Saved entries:
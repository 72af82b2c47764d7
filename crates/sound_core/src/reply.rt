// What a plan says, with its request written into a lent message.
ghost use Rattle.std.specs.Prelude.{◌≡◌, ◌≤◌, ◌++◌, length, drop};
ghost use Rattle.layout.specs.Lent.{message_size};
ghost use Rattle.sound_core.specs.Reply.{request_bytes, message_after, reply_of, tell_of, told_in};

use crate::plan::{Request, Say, Value};
use codes::Refusal;
use records::{PcmCommand, Query, Remap, SetParameters};

// A request of so many bytes to send, or a result.
#[derive(Clone, Copy)]
pub enum Reply {
    Send(usize),
    Done(Value),
}

// The least length of a message buffer: the longest request.
pub const MESSAGE: usize = SetParameters::SIZE;

// A request, written by its record; its length.
fn put_request(q: Request, message: &mut [u8]) -> usize
    requires { message_size ≤ length message.old }
    ensures { (result ≡ length (request_bytes q)) × (message.new ≡ request_bytes q ++ drop (length (request_bytes q)) message.old) }
{
    match q {
        Request::Query(record) => {
            let _ = record.write(message);
            Query::SIZE
        }
        Request::Remap(record) => {
            let _ = record.write(message);
            Remap::SIZE
        }
        Request::Command(record) => {
            let _ = record.write(message);
            PcmCommand::SIZE
        }
        Request::Set(record) => {
            let _ = record.write(message);
            SetParameters::SIZE
        }
    }
}

// Only a request is written.
fn put(say: Result<Say, Refusal>, message: &mut [u8]) -> Result<Reply, Refusal>
    requires { message_size ≤ length message.old }
    ensures { (result ≡ reply_of say) × (message.new ≡ message_after say message.old) }
{
    match say? {
        Say::Send(q) => Ok(Reply::Send(put_request(q, message))),
        Say::Done(v) => Ok(Reply::Done(v)),
    }
}

// What is said, with a lent message: a request's own bytes are written, and a result writes none. A
// short message is refused.
pub fn tell(say: Result<Say, Refusal>, message: &mut [u8]) -> Result<Reply, Refusal>
    ensures { (result ≡ tell_of say (length message.old)) × (message.new ≡ told_in say message.old) }
{
    if message.len() < MESSAGE {
        return Err(Refusal::BadLength);
    }
    put(say, message)
}
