// The checks of a transfer, on the core, on its stream's own parameters, its place in its lifecycle and
// its direction.
ghost use Rattle.std.specs.Prelude.{◌≡◌, Ok, Err};
ghost use Rattle.sound_core.specs.Gate.{gate_of, rest_by};
ghost use Rattle.sound_core.specs.declared.gate.Gate.TheVariants.{SetUp, Open};

use crate::consistency::{consistent, held_to, stream_ok};
use crate::decide::is_idle_stage;
use crate::state::{Core, Params};
use codes::life::takes;
use codes::{Cause, Refusal, both};
use turns::{Track, is_consistent, is_idle};

// What the checks of a transfer come to, where none refuses it: set-up first, or a transfer by
// periods.
#[derive(Clone, Copy)]
pub enum Gate {
    SetUp,
    Open(u32),
}

// Set-up, then the stream's range, its place in its lifecycle, a capture's direction, and its
// parameters.
fn checked_by(
    capture: bool,
    c: Core,
    stream: u32,
    p: Params,
    life: u8,
    direction: u8,
) -> Result<Gate, Refusal>
    ensures { result ≡ rest_by capture c p life direction stream Err (Ok SetUp) (λ n. Ok (Open n)) }
{
    let taken = held_to(c.guard, takes(life));
    let faces = held_to(capture, direction == 1);
    if !c.ready {
        return Ok(Gate::SetUp);
    }
    if c.counts.streams <= stream {
        return Err(Refusal::InvalidParam);
    }
    if !taken {
        return Err(Refusal::BadState);
    }
    if !faces {
        return Err(Refusal::InvalidParam);
    }
    if p.known == 0 {
        return Err(Refusal::IoError(Cause::NoStatus));
    }
    Ok(Gate::Open(p.period))
}

// The checks of a transfer, with the stream's own parameters: lengths, then consistency, then Busy,
// then the rest. `clear`: nothing is pending, or it plays no part. Nine parameters, since a state by
// value and one in a store have no common type that holds them.
pub fn xfer_gate(
    capture: bool,
    lengths: bool,
    clear: bool,
    c: Core,
    p: Params,
    life: u8,
    direction: u8,
    t: Track,
    stream: u32,
) -> Result<Gate, Refusal>
    ensures { result ≡ gate_of capture lengths clear c p life direction t stream }
{
    let stage = c.stage;
    let own = stream_ok(c, stream, p);
    let sound = both(consistent(c), both(is_consistent(t), own));
    let rest = both(is_idle(t), clear);
    let free = both(is_idle_stage(stage), rest);
    if !lengths {
        return Err(Refusal::BadLength);
    }
    if !sound {
        return Err(Refusal::InvalidParam);
    }
    if !free {
        return Err(Refusal::Busy);
    }
    checked_by(capture, c, stream, p, life, direction)
}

Exercise aim -
Please give the number of lines in the entries above that hold "consistency", with no other words.

Expected answer -
2